Three previous studies have also evaluated the association between utilization characteristics and risk of fracture, but there are important methodological differences between these published studies and this study. In the published studies, no distinction was made between made between a patient who discontinued bisphosphonate treatment some time ago but used it regularly (a nonpersistent patient who was previously compliant) and a patient who was currently using it but infrequently (a persistent patient with low compliance). In this study, the effects of persistence (i.e., the duration of treatment) and compliance (i.e., the extent the dosage instruction were followed while being treated) were considered separately. As a consequence of these methodological differences, less than one half of the patients were considered highly compliant in the study by Caro et al. compared with a figure of ∼70% in this study. The relatively good level of compliance compared with the relatively low level of persistence in this study suggests that the emphasis should be on improving the average duration of bisphosphonate treatment rather than improving the compliance to the bisphosphonate regimen.

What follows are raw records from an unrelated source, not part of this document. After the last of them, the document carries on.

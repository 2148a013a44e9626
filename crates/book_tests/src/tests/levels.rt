//! Levels with room for two orders: both come, are found by price and time, are read, and one leaves.
ghost use Rattle.std.specs.Prelude.{◌≡◌, ◌≢◌, ◌<◌, ◌≤◌, None, get_or, replicate, IfSome};

use crate::tests::asking::abc;
use price_levels::{Levels, Place, ReadCounter};
use std::alloc::{AllocError, Global};
use std::test::Fail;
use venue_model::{Order, Side, Symbol};

/// A buy of 10 at 50, made and put in its place by the command at this sequence.
fn buy(symbol: Symbol, sequence: u64) -> Order
    ensures stamp { result.stamp ≡ sequence }
    ensures total { result.total ≡ 10 }
{
    Order {
        id: sequence.wrapping_add(1),
        client: 1,
        cl_ord_id: sequence.wrapping_add(1),
        symbol,
        side: Side::Buy,
        is_market: false,
        price: 50,
        total: 10,
        cum: 0,
        notional: 0,
        stamp: sequence,
    }
}

/// Full levels: an earlier order, and a later one, and their places.
#[derive(Drop)]
struct Full {
    levels: Levels,
    counter: ReadCounter,
    earlier: Place,
    later: Place,
}

/// Two orders come, the later one behind the other.
fn come(levels: &mut Levels, earlier: Order, later: Order) -> (Place, Place)
    requires free { levels.old ≡ replicate 2 None }
    requires stamps { earlier.stamp < later.stamp }
    requires quantity { earlier.total ≤ 1000000 }
    requires its_quantity { later.total ≤ 1000000 }
{
    let first = levels.push_back(earlier);
    let second = levels.push_back(later);
    (first, second)
}

/// Levels with room for two orders, into which both come.
fn full_levels(alloc: Global, symbol: Symbol) -> Result<Full, AllocError> {
    let (mut levels, counter) = Levels::new(alloc, &[symbol], 2)?;
    let (earlier, later) = come(&mut levels, buy(symbol, 0), buy(symbol, 1));
    Ok(Full {
        levels,
        counter,
        earlier,
        later,
    })
}

/// The places of the best buy, and of the next one behind it.
fn first_two(levels: &Levels, symbol: &Symbol) -> Option<(Place, Place)>
    ensures first { IfSome result (λ two. get_or levels.now two.0.number None ≢ None) }
    ensures second { IfSome result (λ two. get_or levels.now two.1.number None ≢ None) }
{
    let first = levels.best(symbol, Side::Buy)?;
    let second = levels.after(first)?;
    Some((first, second))
}

/// Whether both are found by price and time, none behind them, and none on the other side.
fn are_found(full: &Full, symbol: &Symbol) -> bool {
    let Some((first, second)) = first_two(&full.levels, symbol) else {
        return false;
    };
    first == full.earlier && second == full.later && is_last(&full.levels, symbol, second)
}

fn is_last(levels: &Levels, symbol: &Symbol, place: Place) -> bool
    requires { get_or levels.now place.number None ≢ None }
{
    levels.after(place).is_none() && levels.best(symbol, Side::Sell).is_none()
}

/// Whether the later order is read, and its read is counted.
fn later_is_read(full: &Full, symbol: &Symbol) -> bool {
    let Some((_, second)) = first_two(&full.levels, symbol) else {
        return false;
    };
    let mut reads = full.counter.begin();
    full.levels.get(second, &mut reads).id == 2 && reads.count() == 1
}

/// Whether the earlier order leaves, and the later one is the best then.
fn earlier_leaves(full: &mut Full, symbol: &Symbol) -> bool {
    let Some((first, second)) = first_two(&full.levels, symbol) else {
        return false;
    };
    full.levels.unlink(first).id == 1 && full.levels.best(symbol, Side::Buy) == Some(second)
}

#[test]
fn two_orders_in_levels(rt: HostRuntime) -> Result<(), Fail> {
    let symbol = abc()?;
    let mut full = full_levels(rt.alloc(), symbol)?;
    assert!(rt; are_found(&full, &symbol));
    assert_eq!(rt; full.levels.crossing_total(&symbol, Side::Sell, 50), 20);
    assert!(rt; later_is_read(&full, &symbol));
    assert!(rt; earlier_leaves(&mut full, &symbol));
    Ok(())
}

There are several limitations of this study. This was an observational study, where the patient groups were not randomized. However, it may be difficult to evaluate the effects on fracture risk of persistence and compliance in a randomized trial, because one cannot randomize patients to being compliant or noncompliant. Unobserved confounders may have biased results in this study. To minimize the potential for bias, the analyses were conducted only within a cohort of bisphosphonate users. Another limitation is that complete information on all risk factors for fracture, such as on the BMD, were not available. Also, the results of this may not be generalizable to other populations of bisphosphonate users. About 25% of the female bisphosphonate users in this study were recent users of oral glucocorticoids, similar to a Dutch study, but considerably higher than a U.S. study.
In conclusion, only 58% of the patients remained treated with bisphosphonates for 1 yr, whereas fracture risks reduced only after 6–12 mo of treatment. There was no suggestion of a residual effect after stopping bisphosphonates. There was a 22% lower risk of hip/femur fractures during bisphosphonate current use. Improvement in long-term persistence with bisphosphonate treatment may be important to reduce the impact of osteoporosis-related fractures.
The study was funded by Novartis Pharmaceuticals. The views expressed in this paper are those of the authors and do not reflect the official policy or position of the Medicines and Healthcare products Regulatory Agency, UK.